▸ The problem:
Nothing but the lines from the one containing "return false;" through the one containing "use rt_edits::NoOpMutations;", both included, should be given again, each exactly as written below.
BEGIN
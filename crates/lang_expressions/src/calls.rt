//! Expressions, variables and calls under the keys of an object.
ghost use Rattle.std.specs.Prelude.{◌≡◌, IfOk};
ghost use Rattle.serde_json.specs.View.{view, items_view};
ghost use Rattle.lang_expressions.specs.Calls.{expression_at, variable_at, call_in, call_at};

use crate::context_keys::ContextKeys;
use crate::expressions::{read_expression, read_expressions};
use crate::fields::{list_at, text_at};
use crate::names::place_of;
use crate::signatures::{Names, Signature, signature_of};
use lang_syntax::Expression;
use rt_values::{List, OutOfMemory, Text};
use serde_json::Value;
use std::alloc::Global;

/// The expression at a key.
pub fn expression_at(
    alloc: Global,
    names: &Names,
    variables: &[Text],
    value: &Value,
    key: &str,
) -> Result<Option<Expression>, OutOfMemory>
    ensures expression { IfOk result (λ read. read
        ≡ expression_at names.now variables.now key.now (view value.now)) }
{
    let Some(found) = value.get(key) else {
        return Ok(None);
    };
    read_expression(alloc, names, variables, found)
}

/// The place of the variable that is named at a key.
pub fn variable_at(variables: &[Text], value: &Value, key: &str) -> Option<u64>
    ensures variable { result ≡ variable_at variables.now key.now (view value.now) }
{
    match text_at(value, key) {
        Some(name) => place_of(variables, name),
        None => None,
    }
}

/// The kind of the key of contexts that is named at a key.
pub fn kind_at(kinds: &ContextKeys, value: &Value, key: &str) -> Option<u64>
    ensures kind { result ≡ variable_at kinds.now key.now (view value.now) }
{
    match text_at(value, key) {
        Some(name) => kinds.place_of(name),
        None => None,
    }
}

/// The place of what is used by this name, and what it is handed: as many values as it has params.
pub fn read_call(
    alloc: Global,
    names: &Names,
    variables: &[Text],
    signatures: &[Signature],
    name: &str,
    values: &[Value],
) -> Result<Option<(u64, List<Expression>)>, OutOfMemory>
    ensures call { IfOk result (λ call. call
        ≡ call_in names.now variables.now signatures.now name.now (items_view values.now)) }
{
    let Some((place, params)) = signature_of(signatures, name) else {
        return Ok(None);
    };
    let Some(handed) = read_expressions(alloc, names, variables, values)? else {
        return Ok(None);
    };
    if handed.len() as u64 != params {
        return Ok(None);
    }
    Ok(Some((place, List::from_vec(handed))))
}

/// What is used by the name at a key, and what it is handed by the list at `args`.
pub fn call_at(
    alloc: Global,
    names: &Names,
    variables: &[Text],
    signatures: &[Signature],
    value: &Value,
    key: &str,
) -> Result<Option<(u64, List<Expression>)>, OutOfMemory>
    ensures call { IfOk result (λ call. call
        ≡ call_at names.now variables.now signatures.now key.now (view value.now)) }
{
    let Some(name) = text_at(value, key) else {
        return Ok(None);
    };
    let Some(values) = list_at(value, "args") else {
        return Ok(None);
    };
    read_call(alloc, names, variables, signatures, name, values)
}
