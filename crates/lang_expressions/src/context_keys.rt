//! The keys of contexts of a source, in which each is looked up by halves where they ascend.
ghost use Rattle.std.specs.Prelude.{◌≡◌, length};
ghost use Rattle.std.specs.Ordering.{is_lt, nat_cmp};
ghost use Rattle.std.specs.Cmp.Lexicographic.{slice_cmp};
ghost use Rattle.std.specs.List.Sorted.{IsBinarySearchResult, IsSearchInRange};
ghost use Rattle.lang_expressions.specs.Names.{place_of};
ghost use Rattle.lang_expressions.specs.Ascending.{ascend, rises};

use crate::names::place_of;
use rt_values::{List, Text};
use std::cmp::Ordering;
use std::marker::Model;

/// Keys of contexts. The place of a key is the kind of what is provided under it.
#[derive(Debug, Drop)]
pub struct ContextKeys {
    keys: List<Text>,
    /// They were found to ascend.
    ascending: bool,
}

impl Model for ContextKeys {
    ghost use Rattle.std.specs.Prelude.{◌≡◌, List, ℕ, true};
    ghost use Rattle.lang_expressions.specs.Ascending.{ascend};

    ghost Value = { List (List ℕ) };

    ghost view = { λ kinds. kinds.keys };

    ghost invariant = { λ kinds. kinds.ascending ≡ true → ascend kinds.keys ≡ true };
}

impl ContextKeys {
    /// The keys of a vector, taken over as they are.
    pub fn from_vec(keys: Vec<Text>) -> ContextKeys
        ensures keys { result ≡ keys.items }
    {
        let ascending = ascend(keys.as_slice());
        ContextKeys {
            keys: List::from_vec(keys),
            ascending,
        }
    }

    /// The place from 0 of the last of the keys that is this one.
    pub fn place_of(&self, key: &str) -> Option<u64>
        ensures place { result ≡ place_of self.now key.now }
    {
        if !self.ascending {
            return place_of(self.keys.as_slice(), key);
        }
        match key_at(self.keys.as_slice(), key) {
            Ok(at) => Some(at as u64),
            Err(_at) => place_of(self.keys.as_slice(), key),
        }
    }
}

// Where a key stands among keys that ascend, or else where it would.
fn key_at(keys: &[Text], key: &str) -> Result<usize, usize>
    ensures within { IsSearchInRange result (length keys.now) }
    ensures position { IsBinarySearchResult (λ other. slice_cmp nat_cmp other key.now)
        keys.now result }
{
    keys.binary_search_by(
        |other: &Text| -> Ordering
            ensures order { result ≡ slice_cmp nat_cmp other.now key.entry.now }
        { other.as_str().cmp(key) },
    )
}

// Whether each text comes after the one before it.
fn ascend(texts: &[Text]) -> bool
    ensures { result ≡ ascend texts.now }
{
    match texts {
        [] => true,
        [first, rest @ ..] => rises(first.as_str(), rest),
    }
}

fn rises(first: &str, rest: &[Text]) -> bool
    ensures { result ≡ rises first.now rest.now }
{
    let mut last = first;
    for at in 0..rest.len() {
        let text = &rest[at];
        if !comes_before(last, text) {
            return false;
        }
        last = text.as_str();
    }
    true
}

fn comes_before(last: &str, text: &Text) -> bool
    ensures { result ≡ is_lt (slice_cmp nat_cmp last.now text.now) }
{
    last.cmp(text.as_str()).is_lt()
}
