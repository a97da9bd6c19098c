//! Tests of what takes no memory.
#![tactic(auto)]

#[cfg(test)]
mod marks;
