//! The runtime beside a list, turn by turn.
ghost use Rattle.std.specs.Prelude.{◌≡◌, map, take, IfOk};
ghost use Rattle.run_reports.specs.Seen.{entry_of, limits_of};
ghost use Rattle.run_machine.specs.Stands.{StandsAt, without_count};
ghost use Rattle.rt_audit.specs.Fronts.{IsFront};
ghost use Rattle.rt_audit.specs.Finding.{boundless, ComesTo, IsBehind, Says, TurnsTo, Keeps, at_rest};
ghost use Rattle.rt_audit.specs.Judging.{FindsIn, JudgesOf};

use crate::comparing::{number_behind, parted};
use author_calls::{App, Calls};
use rt_edits::NoOpMutations;
use rt_values::OutOfMemory;
use run_machine::Machine;
use run_outside::Ended;
use run_reports::{Entry, Limits};
use run_state::Stop;

/// How far a run goes: no count of units and no height ends it.
const BOUNDLESS: Limits = Limits {
    units: u64::MAX,
    height: u32::MAX,
    drain: u64::MAX,
};

/// What a turn comes to.
#[derive(Clone, Copy)]
pub(crate) enum Turn {
    /// A move was made.
    Moved,
    /// Nothing is left to do.
    Rested,
    /// A fault ended the run.
    Faulted,
}

/// What is found of a list.
#[derive(Clone, Copy)]
pub(crate) enum Found {
    /// So many entries were noted, and are those of the list; there is more to do.
    SoFar(usize),
    /// The list is good.
    Good,
    /// The list isn't good from the entry of this number on.
    Bad(u64),
}

/// What a turn comes to, by what the machine answers. At the limits, which no run reaches, memory
/// is wanting.
fn come_to(turned: Result<Option<u64>, Ended>) -> Result<Turn, OutOfMemory>
    ensures comes { IfOk result (ComesTo turned) }
{
    match turned {
        Ok(Some(_)) => Ok(Turn::Moved),
        Ok(None) => Ok(Turn::Rested),
        Err(Ended::Run(Stop::Fault(_))) => Ok(Turn::Faulted),
        Err(_) => Err(OutOfMemory),
    }
}

/// One turn, whose edits nobody wants.
fn turn_once<A: App>(
    machine: &mut Machine<A>,
    app: &A,
    calls: &mut Calls,
) -> Result<Turn, OutOfMemory>
    ensures turns { (r : _) (edits : _) →
        StandsAt (A.meaning app.now) (limits_of boundless) (without_count r) edits machine.old →
        IfOk result (λ turn. TurnsTo (A.meaning app.now) (limits_of boundless) (without_count r)
        turn machine.new) }
{
    let mut sink = NoOpMutations;
    let turned = machine.turn(app, calls, BOUNDLESS, &mut sink);
    come_to(turned)
}

/// What is found of a list where nothing is left to do and so many entries were noted, all of them
/// those of the list; `number` is that of the next one.
fn found_at_rest(good: usize, all: usize, number: u64) -> Found
    ensures { result ≡ at_rest good all number }
{
    if good == all {
        Found::Good
    } else {
        Found::Bad(number)
    }
}

/// A list that isn't good behind so many entries that come after the opening one.
fn bad_behind(good: usize) -> Result<Found, OutOfMemory>
    ensures bad { IfOk result (IsBehind good) }
{
    let number = number_behind(good)?;
    Ok(Found::Bad(number))
}

/// What is found of a list where all entries that were noted are those of the list.
fn found_at_end(turn: Turn, noted: &[Entry], list: &[Entry]) -> Result<Found, OutOfMemory>
    ensures says { IsFront (map entry_of noted.now) (map entry_of list.now) →
        IfOk result (Says turn (map entry_of noted.now) (map entry_of list.now)) }
{
    let good = noted.len();
    let all = list.len();
    let number = number_behind(good)?;
    match turn {
        Turn::Moved => Ok(Found::SoFar(good)),
        Turn::Rested => Ok(found_at_rest(good, all, number)),
        Turn::Faulted => Ok(Found::Bad(number)),
    }
}

/// What is found of a list after a turn; so many entries were compared before it.
fn found_after(
    turn: Turn,
    noted: &[Entry],
    list: &[Entry],
    seen: usize,
) -> Result<Found, OutOfMemory>
    ensures says { IsFront (take seen (map entry_of noted.now)) (map entry_of list.now) →
        IfOk result (Says turn (map entry_of noted.now) (map entry_of list.now)) }
{
    match parted(noted, list, seen) {
        Some(at) => bad_behind(at),
        None => found_at_end(turn, noted, list),
    }
}

/// One turn beside a list.
fn follow_once<A: App>(
    machine: &mut Machine<A>,
    app: &A,
    calls: &mut Calls,
    list: &[Entry],
    seen: usize,
) -> Result<Found, OutOfMemory>
    ensures finds { (r : _) →
        Keeps (A.meaning app.now) (limits_of boundless) (without_count r) (map entry_of list.now) seen
        machine.old →
        IfOk result (FindsIn (A.meaning app.now) (limits_of boundless) (without_count r)
        (map entry_of list.now) machine.new) }
{
    let turn = turn_once(machine, app, calls)?;
    found_after(turn, machine.course.entries.as_slice(), list, seen)
}

/// The run beside a list, up to where the list is good or stops. The number of the entry from which
/// on it isn't good.
pub(crate) fn follow<A: App>(
    machine: &mut Machine<A>,
    app: &A,
    calls: &mut Calls,
    list: &[Entry],
) -> Result<Option<u64>, OutOfMemory>
    ensures judges { (r : _) →
        Keeps (A.meaning app.now) (limits_of boundless) (without_count r) (map entry_of list.now) 0
        machine.old →
        IfOk result (JudgesOf (A.meaning app.now) (limits_of boundless) (without_count r)
        (map entry_of list.now) machine.new) }
{
    let mut seen = 0;
    for _turn in 0..u64::MAX {
        let found = follow_once(machine, app, calls, list, seen)?;
        match found {
            Found::SoFar(noted) => seen = noted,
            Found::Bad(entry) => return Ok(Some(entry)),
            Found::Good => {
                // The entries are compared: the next report begins without any.
                machine.report(Entry::Build, 0)?;
                return Ok(None);
            }
        }
    }
    Err(OutOfMemory)
}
END
▸ Result for this exercise:
            return false;
        }
        last = text.as_str();
    }
    true
}

fn comes_before(last: &str, text: &Text) -> bool
    ensures { result ≡ is_lt (slice_cmp nat_cmp last.now text.now) }
{
    last.cmp(text.as_str()).is_lt()
}
repository a97da9bd6c19098c
//! Tests of what takes no memory.
#![tactic(auto)]

#[cfg(test)]
mod marks;
//! The runtime beside a list, turn by turn.
ghost use Rattle.std.specs.Prelude.{◌≡◌, map, take, IfOk};
ghost use Rattle.run_reports.specs.Seen.{entry_of, limits_of};
ghost use Rattle.run_machine.specs.Stands.{StandsAt, without_count};
ghost use Rattle.rt_audit.specs.Fronts.{IsFront};
ghost use Rattle.rt_audit.specs.Finding.{boundless, ComesTo, IsBehind, Says, TurnsTo, Keeps, at_rest};
ghost use Rattle.rt_audit.specs.Judging.{FindsIn, JudgesOf};

use crate::comparing::{number_behind, parted};
use author_calls::{App, Calls};
use rt_edits::NoOpMutations;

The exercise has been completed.